### Work task
In the records below, count every line that includes the word "reason". Provide the total alone.

━━ Exercise materials

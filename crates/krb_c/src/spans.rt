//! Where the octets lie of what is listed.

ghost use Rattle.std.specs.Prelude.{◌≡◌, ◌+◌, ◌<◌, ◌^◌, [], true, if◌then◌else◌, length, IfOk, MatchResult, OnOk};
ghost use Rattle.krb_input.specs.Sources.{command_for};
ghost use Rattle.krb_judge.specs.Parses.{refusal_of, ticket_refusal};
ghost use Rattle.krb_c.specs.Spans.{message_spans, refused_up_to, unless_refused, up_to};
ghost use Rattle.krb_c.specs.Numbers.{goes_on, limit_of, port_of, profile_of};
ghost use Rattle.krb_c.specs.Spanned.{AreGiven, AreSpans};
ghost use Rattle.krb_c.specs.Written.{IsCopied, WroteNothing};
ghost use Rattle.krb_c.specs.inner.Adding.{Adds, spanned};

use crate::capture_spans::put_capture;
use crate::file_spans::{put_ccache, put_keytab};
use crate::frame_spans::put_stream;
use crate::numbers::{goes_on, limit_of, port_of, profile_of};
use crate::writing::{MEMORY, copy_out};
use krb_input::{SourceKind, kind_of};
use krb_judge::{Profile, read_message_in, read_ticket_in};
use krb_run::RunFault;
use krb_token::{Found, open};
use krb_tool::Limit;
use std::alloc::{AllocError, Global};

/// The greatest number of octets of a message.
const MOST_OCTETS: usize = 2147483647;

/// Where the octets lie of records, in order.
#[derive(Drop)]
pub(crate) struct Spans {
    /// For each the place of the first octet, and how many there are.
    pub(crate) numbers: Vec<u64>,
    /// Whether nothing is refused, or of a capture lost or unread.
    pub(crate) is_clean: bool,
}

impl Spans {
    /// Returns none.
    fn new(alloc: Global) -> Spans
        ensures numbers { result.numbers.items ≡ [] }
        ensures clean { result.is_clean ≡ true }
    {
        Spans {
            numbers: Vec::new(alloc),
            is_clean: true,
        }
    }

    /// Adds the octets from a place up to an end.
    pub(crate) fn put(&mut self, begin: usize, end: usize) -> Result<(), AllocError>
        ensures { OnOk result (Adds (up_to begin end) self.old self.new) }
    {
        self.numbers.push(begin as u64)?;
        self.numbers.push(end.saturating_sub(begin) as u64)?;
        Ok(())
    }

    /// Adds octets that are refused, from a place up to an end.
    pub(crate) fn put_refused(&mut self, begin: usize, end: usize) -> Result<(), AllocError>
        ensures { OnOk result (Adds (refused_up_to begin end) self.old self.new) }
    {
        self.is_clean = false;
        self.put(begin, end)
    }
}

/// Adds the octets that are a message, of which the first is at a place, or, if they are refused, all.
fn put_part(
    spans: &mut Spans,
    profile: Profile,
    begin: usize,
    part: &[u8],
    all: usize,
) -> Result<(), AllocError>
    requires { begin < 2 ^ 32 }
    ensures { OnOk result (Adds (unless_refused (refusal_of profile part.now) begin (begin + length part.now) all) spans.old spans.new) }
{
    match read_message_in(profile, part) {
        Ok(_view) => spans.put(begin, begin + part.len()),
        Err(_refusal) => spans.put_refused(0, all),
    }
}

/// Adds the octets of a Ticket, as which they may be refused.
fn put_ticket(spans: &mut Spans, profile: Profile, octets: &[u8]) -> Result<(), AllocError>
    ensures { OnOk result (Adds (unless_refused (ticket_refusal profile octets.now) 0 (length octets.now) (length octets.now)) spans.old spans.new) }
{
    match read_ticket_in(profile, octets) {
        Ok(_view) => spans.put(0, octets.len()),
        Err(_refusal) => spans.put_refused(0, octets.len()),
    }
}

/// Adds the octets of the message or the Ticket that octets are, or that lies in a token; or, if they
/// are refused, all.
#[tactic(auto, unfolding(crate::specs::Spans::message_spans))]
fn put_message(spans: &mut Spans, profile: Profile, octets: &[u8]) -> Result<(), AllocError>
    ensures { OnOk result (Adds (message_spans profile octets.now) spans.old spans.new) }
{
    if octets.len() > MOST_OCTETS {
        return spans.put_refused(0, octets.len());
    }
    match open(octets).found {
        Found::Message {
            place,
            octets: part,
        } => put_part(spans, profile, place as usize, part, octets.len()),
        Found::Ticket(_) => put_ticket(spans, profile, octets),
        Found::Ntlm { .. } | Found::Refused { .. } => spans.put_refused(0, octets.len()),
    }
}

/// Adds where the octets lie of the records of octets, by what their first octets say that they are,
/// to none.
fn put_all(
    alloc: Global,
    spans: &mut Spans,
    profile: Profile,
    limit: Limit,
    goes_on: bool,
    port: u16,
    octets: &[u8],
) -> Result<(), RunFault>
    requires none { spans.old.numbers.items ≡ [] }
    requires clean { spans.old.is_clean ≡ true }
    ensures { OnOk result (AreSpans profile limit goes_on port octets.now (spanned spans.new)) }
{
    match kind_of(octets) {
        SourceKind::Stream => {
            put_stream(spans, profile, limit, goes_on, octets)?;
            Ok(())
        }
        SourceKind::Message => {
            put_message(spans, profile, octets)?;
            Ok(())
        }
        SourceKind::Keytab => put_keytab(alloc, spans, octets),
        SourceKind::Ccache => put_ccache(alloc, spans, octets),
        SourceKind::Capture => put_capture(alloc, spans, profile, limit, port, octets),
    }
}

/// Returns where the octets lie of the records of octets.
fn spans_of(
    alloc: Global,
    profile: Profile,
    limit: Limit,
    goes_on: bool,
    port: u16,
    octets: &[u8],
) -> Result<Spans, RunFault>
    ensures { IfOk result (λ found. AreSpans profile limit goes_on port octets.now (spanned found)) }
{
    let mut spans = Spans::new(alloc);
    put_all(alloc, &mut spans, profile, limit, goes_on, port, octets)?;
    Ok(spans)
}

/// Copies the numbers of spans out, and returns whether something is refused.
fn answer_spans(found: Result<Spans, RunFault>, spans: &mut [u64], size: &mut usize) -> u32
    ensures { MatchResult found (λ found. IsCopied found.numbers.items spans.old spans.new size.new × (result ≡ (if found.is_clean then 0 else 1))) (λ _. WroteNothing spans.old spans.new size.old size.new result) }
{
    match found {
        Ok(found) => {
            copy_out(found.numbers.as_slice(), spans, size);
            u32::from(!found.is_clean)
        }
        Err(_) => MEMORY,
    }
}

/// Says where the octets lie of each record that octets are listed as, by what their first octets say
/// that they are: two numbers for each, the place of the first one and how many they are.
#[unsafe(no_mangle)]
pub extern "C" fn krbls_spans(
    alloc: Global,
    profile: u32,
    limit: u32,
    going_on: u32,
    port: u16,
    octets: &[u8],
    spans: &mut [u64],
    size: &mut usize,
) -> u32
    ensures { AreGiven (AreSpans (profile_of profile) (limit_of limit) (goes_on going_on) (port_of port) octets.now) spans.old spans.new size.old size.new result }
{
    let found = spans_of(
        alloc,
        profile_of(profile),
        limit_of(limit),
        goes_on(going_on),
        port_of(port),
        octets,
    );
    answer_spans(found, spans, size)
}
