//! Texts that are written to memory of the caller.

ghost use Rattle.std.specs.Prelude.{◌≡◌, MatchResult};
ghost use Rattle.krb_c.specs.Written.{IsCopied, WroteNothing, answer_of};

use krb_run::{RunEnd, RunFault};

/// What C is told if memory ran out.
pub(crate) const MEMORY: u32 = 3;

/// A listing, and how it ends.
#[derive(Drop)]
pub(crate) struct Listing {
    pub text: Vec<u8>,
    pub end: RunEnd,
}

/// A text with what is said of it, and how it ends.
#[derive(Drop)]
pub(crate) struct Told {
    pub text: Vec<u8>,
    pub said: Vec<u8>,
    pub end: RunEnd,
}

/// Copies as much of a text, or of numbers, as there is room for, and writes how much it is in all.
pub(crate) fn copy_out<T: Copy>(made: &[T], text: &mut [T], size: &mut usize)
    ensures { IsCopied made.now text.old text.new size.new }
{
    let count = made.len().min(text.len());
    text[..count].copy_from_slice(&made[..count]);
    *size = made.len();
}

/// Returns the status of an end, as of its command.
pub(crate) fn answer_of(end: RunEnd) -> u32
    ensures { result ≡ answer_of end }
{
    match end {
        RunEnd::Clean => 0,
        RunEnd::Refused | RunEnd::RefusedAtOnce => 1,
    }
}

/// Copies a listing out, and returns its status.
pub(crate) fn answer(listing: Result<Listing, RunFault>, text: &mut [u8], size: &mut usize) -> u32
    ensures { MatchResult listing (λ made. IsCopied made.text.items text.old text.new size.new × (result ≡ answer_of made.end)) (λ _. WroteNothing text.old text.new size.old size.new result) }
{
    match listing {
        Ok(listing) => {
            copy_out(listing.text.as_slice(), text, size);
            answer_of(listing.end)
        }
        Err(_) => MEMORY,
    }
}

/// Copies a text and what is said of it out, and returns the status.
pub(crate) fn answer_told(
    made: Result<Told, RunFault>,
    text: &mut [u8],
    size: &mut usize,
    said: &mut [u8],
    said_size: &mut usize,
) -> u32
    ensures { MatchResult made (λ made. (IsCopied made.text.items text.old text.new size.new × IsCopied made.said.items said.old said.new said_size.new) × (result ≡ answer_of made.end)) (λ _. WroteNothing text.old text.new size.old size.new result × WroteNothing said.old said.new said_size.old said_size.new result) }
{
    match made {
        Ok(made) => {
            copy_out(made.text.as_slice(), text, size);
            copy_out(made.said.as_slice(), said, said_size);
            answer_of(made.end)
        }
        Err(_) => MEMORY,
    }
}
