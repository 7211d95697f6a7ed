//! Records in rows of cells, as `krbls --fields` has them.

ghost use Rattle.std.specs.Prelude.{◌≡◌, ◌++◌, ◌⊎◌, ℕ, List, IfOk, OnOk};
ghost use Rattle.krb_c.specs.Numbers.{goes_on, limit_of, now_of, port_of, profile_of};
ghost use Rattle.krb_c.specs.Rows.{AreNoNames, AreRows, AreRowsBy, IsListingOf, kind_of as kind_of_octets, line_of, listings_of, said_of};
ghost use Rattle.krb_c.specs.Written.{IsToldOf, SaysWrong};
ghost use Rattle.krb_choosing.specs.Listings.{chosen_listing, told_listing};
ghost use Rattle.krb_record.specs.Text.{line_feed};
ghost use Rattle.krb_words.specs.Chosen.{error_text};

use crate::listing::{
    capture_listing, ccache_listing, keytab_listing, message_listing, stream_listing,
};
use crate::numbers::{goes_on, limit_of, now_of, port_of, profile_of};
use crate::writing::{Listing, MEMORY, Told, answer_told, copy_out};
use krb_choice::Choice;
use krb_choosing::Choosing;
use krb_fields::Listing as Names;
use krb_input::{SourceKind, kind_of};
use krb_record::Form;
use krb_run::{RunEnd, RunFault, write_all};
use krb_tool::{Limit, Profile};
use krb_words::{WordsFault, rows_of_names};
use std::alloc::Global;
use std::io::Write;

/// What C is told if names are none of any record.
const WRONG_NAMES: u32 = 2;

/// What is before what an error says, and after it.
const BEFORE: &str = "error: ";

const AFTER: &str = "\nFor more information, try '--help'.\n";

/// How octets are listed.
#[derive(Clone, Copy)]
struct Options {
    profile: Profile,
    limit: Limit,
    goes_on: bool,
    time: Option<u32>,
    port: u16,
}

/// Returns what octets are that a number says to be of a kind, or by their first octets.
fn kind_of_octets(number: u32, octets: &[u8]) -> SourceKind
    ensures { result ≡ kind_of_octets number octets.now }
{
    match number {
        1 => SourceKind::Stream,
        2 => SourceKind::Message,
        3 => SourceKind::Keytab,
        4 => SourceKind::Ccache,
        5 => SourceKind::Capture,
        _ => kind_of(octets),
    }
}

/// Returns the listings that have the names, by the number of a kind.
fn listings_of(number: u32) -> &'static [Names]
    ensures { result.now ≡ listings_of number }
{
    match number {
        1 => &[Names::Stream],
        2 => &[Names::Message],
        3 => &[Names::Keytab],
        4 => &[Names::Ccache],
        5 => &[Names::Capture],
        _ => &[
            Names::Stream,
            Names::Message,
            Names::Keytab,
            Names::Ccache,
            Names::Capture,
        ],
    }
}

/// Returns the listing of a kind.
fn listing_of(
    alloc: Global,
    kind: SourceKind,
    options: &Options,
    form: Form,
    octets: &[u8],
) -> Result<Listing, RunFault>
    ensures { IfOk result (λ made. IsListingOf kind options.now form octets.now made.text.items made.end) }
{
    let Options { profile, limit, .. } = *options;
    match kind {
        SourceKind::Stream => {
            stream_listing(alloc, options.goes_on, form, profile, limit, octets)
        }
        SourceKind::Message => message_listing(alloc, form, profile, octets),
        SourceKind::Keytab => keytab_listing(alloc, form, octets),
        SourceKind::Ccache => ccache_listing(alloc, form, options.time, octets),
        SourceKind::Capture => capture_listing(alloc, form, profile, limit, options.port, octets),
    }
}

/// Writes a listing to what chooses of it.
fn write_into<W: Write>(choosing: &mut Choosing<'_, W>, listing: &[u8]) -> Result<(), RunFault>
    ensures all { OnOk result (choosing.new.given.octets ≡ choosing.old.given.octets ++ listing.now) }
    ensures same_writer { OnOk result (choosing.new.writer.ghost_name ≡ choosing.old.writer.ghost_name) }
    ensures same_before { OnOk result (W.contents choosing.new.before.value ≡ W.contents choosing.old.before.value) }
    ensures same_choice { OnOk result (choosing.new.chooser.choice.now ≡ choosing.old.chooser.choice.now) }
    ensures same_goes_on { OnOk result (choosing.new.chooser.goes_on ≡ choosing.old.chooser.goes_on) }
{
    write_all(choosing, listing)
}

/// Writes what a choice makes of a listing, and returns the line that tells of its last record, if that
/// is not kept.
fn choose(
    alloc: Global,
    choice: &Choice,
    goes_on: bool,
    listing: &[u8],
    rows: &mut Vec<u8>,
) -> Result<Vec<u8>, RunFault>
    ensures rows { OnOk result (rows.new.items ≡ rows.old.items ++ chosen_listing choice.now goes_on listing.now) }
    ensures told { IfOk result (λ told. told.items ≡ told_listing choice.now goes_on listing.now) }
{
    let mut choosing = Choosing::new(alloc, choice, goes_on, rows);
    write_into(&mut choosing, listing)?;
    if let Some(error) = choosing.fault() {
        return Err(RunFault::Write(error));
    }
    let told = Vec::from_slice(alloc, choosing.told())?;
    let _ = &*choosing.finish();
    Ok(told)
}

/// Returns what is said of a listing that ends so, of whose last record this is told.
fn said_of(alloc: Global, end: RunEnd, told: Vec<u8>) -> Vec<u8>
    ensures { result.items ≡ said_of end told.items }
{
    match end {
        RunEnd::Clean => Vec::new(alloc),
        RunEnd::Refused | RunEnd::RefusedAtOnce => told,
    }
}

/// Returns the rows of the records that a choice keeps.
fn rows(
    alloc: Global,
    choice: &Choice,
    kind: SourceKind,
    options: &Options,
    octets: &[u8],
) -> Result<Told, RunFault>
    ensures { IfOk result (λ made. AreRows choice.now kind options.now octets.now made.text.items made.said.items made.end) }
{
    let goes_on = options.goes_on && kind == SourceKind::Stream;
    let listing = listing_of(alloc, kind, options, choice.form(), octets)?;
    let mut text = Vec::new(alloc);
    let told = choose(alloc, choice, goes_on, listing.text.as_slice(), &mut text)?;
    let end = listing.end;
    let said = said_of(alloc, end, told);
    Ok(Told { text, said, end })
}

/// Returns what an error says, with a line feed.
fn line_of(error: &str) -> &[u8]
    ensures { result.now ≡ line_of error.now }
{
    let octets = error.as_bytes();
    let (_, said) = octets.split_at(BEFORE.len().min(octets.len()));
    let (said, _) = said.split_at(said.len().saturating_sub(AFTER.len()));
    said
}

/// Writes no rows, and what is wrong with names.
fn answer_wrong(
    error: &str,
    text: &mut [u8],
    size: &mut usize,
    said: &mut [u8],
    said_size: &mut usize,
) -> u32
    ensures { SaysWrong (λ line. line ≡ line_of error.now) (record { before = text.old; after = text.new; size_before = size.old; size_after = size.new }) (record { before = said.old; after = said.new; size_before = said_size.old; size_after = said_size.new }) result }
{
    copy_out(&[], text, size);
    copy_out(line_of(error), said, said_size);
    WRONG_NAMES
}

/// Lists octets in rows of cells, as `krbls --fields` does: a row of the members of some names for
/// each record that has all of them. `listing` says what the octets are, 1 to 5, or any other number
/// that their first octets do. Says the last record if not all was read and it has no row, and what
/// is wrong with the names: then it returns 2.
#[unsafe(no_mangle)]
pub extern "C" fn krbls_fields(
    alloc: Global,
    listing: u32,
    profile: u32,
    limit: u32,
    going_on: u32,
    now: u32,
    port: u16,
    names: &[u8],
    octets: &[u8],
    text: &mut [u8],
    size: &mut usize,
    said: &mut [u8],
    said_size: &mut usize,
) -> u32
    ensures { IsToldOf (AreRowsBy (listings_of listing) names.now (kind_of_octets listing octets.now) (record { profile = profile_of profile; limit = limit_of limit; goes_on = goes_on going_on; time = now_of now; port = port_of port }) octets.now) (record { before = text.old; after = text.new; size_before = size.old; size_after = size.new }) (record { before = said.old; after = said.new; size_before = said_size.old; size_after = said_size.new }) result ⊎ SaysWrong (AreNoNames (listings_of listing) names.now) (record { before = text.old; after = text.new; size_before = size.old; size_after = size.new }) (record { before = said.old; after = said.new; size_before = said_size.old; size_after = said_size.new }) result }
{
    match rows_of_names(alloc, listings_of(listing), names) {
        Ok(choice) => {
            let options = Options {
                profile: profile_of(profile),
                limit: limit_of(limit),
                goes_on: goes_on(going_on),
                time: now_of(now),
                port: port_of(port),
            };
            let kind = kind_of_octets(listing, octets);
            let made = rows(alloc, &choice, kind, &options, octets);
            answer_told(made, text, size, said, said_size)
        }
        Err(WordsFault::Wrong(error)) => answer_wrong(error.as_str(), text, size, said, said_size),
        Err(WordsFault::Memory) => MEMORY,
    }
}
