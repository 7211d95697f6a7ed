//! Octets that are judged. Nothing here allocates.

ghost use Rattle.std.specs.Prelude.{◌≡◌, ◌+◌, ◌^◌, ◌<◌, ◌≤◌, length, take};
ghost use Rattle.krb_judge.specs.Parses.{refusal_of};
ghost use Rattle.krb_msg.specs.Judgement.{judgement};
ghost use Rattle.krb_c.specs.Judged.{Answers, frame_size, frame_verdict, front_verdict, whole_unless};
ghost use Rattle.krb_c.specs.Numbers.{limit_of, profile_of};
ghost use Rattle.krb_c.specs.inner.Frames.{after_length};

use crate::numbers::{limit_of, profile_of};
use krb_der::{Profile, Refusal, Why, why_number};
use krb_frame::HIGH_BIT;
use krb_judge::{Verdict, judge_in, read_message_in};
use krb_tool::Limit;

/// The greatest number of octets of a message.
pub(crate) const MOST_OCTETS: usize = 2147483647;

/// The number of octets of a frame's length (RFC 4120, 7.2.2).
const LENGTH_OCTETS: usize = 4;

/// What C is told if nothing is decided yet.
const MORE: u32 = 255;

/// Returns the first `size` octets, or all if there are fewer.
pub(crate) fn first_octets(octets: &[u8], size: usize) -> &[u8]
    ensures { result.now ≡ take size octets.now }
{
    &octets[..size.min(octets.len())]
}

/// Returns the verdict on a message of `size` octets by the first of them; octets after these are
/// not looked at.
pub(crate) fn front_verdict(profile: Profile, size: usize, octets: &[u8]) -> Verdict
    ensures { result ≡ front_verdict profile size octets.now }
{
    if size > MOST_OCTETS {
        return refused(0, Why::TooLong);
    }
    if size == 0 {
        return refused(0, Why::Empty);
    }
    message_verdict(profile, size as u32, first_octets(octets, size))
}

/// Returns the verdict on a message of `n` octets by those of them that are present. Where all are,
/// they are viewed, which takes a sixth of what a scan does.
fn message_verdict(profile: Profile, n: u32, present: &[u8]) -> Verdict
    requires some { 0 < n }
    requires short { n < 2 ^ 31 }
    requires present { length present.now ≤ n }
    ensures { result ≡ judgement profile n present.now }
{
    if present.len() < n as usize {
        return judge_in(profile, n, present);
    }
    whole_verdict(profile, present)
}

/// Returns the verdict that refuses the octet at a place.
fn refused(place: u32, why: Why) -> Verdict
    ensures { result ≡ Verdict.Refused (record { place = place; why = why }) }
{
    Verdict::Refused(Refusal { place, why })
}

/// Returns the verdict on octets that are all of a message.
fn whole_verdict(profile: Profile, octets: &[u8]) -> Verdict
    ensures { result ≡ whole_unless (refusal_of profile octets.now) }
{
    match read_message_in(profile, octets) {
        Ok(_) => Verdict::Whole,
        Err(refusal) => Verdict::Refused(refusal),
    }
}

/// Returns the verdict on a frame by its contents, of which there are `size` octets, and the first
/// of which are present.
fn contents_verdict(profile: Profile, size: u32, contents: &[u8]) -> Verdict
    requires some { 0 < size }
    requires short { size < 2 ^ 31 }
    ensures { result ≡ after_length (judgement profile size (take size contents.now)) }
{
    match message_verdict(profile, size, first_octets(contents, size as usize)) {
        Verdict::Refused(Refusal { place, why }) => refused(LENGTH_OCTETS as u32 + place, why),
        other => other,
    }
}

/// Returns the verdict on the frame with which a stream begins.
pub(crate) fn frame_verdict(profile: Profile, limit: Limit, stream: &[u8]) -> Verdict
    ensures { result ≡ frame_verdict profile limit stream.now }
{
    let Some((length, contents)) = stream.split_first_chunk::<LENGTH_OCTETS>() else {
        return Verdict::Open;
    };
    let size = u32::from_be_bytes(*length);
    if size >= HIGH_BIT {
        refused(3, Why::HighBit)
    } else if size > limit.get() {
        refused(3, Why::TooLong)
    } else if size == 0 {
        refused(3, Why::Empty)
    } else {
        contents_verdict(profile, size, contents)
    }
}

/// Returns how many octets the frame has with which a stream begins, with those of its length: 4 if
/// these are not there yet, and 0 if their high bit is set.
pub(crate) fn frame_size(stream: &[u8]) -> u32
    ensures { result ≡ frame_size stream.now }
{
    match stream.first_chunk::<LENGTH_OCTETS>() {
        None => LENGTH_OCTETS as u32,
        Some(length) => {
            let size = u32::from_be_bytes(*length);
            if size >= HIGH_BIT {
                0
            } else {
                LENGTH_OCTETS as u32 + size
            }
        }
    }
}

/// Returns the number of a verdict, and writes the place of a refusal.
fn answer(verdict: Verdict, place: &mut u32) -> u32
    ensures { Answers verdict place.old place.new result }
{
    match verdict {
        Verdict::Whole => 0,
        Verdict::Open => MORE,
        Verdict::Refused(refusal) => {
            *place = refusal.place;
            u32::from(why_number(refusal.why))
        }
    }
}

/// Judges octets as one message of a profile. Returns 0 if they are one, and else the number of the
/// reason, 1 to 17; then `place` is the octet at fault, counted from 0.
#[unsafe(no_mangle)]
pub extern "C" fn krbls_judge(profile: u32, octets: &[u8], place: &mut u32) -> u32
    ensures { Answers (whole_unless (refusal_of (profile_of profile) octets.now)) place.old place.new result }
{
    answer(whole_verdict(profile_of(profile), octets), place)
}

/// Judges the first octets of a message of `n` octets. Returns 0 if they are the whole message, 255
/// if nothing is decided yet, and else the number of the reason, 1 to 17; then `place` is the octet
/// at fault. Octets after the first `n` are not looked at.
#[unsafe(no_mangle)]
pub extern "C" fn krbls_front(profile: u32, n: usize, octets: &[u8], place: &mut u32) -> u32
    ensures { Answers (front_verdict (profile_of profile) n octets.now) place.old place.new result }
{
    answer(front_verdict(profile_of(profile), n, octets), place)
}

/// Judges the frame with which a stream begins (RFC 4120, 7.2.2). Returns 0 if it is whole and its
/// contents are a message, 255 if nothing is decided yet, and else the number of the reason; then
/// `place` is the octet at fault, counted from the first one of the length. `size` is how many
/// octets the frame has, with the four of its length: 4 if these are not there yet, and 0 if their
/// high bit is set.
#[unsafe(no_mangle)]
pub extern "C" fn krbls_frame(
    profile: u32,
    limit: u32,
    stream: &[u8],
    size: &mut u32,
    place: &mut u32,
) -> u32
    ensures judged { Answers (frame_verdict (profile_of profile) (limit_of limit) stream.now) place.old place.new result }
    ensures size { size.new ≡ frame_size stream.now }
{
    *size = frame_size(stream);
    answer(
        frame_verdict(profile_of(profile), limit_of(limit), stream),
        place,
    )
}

━━━━

### Written solution
3